6. DNA, die für ein rekombinantes Hybrid-Immunoglobulinmolekül nach einem der vorangehenden Ansprüche kodiert.

7. Pharmazeutische oder in vivo diagnostisch verabreichbare Zusammensetzung, bestehend aus einem rekombinanten Hybrid-Immunoglobulinmolekül nach einem der Ansprüche 1 bis 5 und einem pharmazeutisch oder veterinärisch annehmbaren Träger dafür.

8. Verwendung eines rekombinanten Hybrid-Immunoglobulinmolekül nach einem der Ansprüche 1 bis 5 in der Herstellung eines Thrombolytikums.

9. Rekombinantes Hybrid-Immunoglobulinmolekül nach einem der Ansprüche 1 bis 5, das nachweisbar markiert ist.
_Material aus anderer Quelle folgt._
impl<C: Checksum, Phase> Writer<C, Phase> {
    /// How many bytes of content are recovered of the first `blob_size` bytes of the blob. It is refused where a read
    /// of the blob is. That so many bytes of content, `proven`, are among them is on the caller.
    /// In the Rust: `paged::Writer::recoverable_prefix_len`.
    pub fn recoverable_prefix_len<B: Blob>(
        &self,
        blob: &mut B,
        blob_size: u64,
        proven: u64,
        buffer_size: usize,
    ) -> Result<u64, Error>
        requires { AreProven C.checksum_of self.now.page_size (B.calls blob.old) blob_size proven }
        ensures exact { IsFalse (file_of (B.calls blob.old)).failed
            → IfOk result (λ len. len ≡ recoverable C.checksum_of self.now.page_size (B.calls blob.old) blob_size) }
        ensures cause { IfErr result (IsReadCause (B.failures blob.old) (file_of (B.calls blob.old)) 0 blob_size) }
        ensures calls { B.calls blob.new ≡ B.calls blob.old }
        ensures failures { B.failures blob.new ≡ failures_after result (B.failures blob.old) }
        ensures left { B.left blob.new ≤ B.left blob.old }
    {
        let page_size = self.page_size as u32;
        prefix_of_blob::<B, C>(self.alloc, blob, page_size, blob_size, proven, buffer_size)
    }

    /// The same, or `max_size` where that is less. In the Rust: `paged::Writer::recoverable_prefix_len_at_most`.
    pub fn recoverable_prefix_len_at_most<B: Blob>(
        &self,
        blob: &mut B,
        blob_size: u64,
        proven: u64,
        max_size: u64,
        buffer_size: usize,
    ) -> Result<u64, Error>
        requires { AreProven C.checksum_of self.now.page_size (B.calls blob.old) blob_size proven }
        ensures exact { IsFalse (file_of (B.calls blob.old)).failed → IfOk result (λ len. len
            ≡ min max_size (recoverable C.checksum_of self.now.page_size (B.calls blob.old) blob_size)) }
        ensures cause { IfErr result (IsReadCause (B.failures blob.old) (file_of (B.calls blob.old)) 0 blob_size) }
        ensures calls { B.calls blob.new ≡ B.calls blob.old }
        ensures failures { B.failures blob.new ≡ failures_after result (B.failures blob.old) }
        ensures left { B.left blob.new ≤ B.left blob.old }
    {
        let page_size = self.page_size as u32;
        let alloc = self.alloc;
        prefix_of_blob_at_most::<B, C>(
            alloc,
            blob,
            page_size,
            blob_size,
            proven,
            max_size,
            buffer_size,
        )
    }
}
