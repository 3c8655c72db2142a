//! Plays cases of the fault storage: its formats, a store in memory, and one that fails over it. README.md has its
//! words.
#![tactic(auto)]

mod calls;
mod debts;
mod formats;
mod names;
mod refusals;
mod settings;
mod stores;
mod told;
mod words;

use case_lines::{Player, Unanswered, play};
use debts::Debts;
use std::alloc::Global;
use stores::{Failing, Plain};

/// The store of a case.
#[derive(Drop)]
enum Stored {
    Plain(Plain),
    Failing(Failing),
}

impl Stored {
    // The store under one that fails by these words.
    fn failing(self, alloc: Global, words: &[&str]) -> Result<Stored, Unanswered> {
        let plain = match self {
            Stored::Plain(plain) => plain,
            Stored::Failing(failing) => failing.plain(alloc),
        };
        Ok(Stored::Failing(plain.failing(alloc, words)?))
    }

    // The store that never fails, below.
    fn plain(self, alloc: Global) -> Stored {
        match self {
            Stored::Plain(plain) => Stored::Plain(plain),
            Stored::Failing(failing) => Stored::Plain(failing.plain(alloc)),
        }
    }

    // Makes a call of the store.
    fn answer(&mut self, alloc: Global, words: &[&str]) -> Result<String, Unanswered> {
        match self {
            Stored::Plain(plain) => plain.answer(alloc, words),
            Stored::Failing(failing) => failing.answer(alloc, words),
        }
    }
}

/// Plays the cases of the fault storage.
#[derive(Drop)]
struct StoragePlayer {
    stored: Stored,
    debts: Debts,
}

impl StoragePlayer {
    // Takes the store out, and leaves an empty one.
    fn take(&mut self, alloc: Global) -> Stored {
        std::mem::replace(&mut self.stored, Stored::Plain(Plain::new(alloc)))
    }
}

impl Player for StoragePlayer {
    fn begin(alloc: Global) -> Result<Self, Unanswered> {
        Ok(StoragePlayer {
            stored: Stored::Plain(Plain::new(alloc)),
            debts: Debts::new(alloc),
        })
    }

    fn answer(&mut self, alloc: Global, words: &[&str]) -> Result<String, Unanswered> {
        match words {
            ["failing", words @ ..] => self.stored = self.take(alloc).failing(alloc, words)?,
            ["plain"] => self.stored = self.take(alloc).plain(alloc),
            ["format", words @ ..] => return formats::answer(alloc, words),
            ["pending", words @ ..] => return self.debts.answer(alloc, words),
            words => return self.stored.answer(alloc, words),
        }
        Ok("ok".to_string(alloc)?)
    }
}

fn main(rt: HostRuntime) -> anyhow::Result<()> {
    play::<StoragePlayer>(&rt)
}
10. Rekombinantes Hybrid-Immunoglobulinmolekül nach Anspruch 9, das radiomarkiert ist.

11. Verwendung eines markierten rekombinanten Hybrid-Immunoglobulinmoleküls nach Anspruch 9 oder 10 in der Herstellung eines Thrombuserkennungsmittels.

12. Verfahren zur Herstellung eines rekombinanten Hybrid-Immunoglobulinmoleküls nach einem der Ansprüche 1 bis 5, wobei das Verfahren die Kopplung aufeinanderfolgender Aminosäuren durch Bildung von Peptidbindungen umfaßt.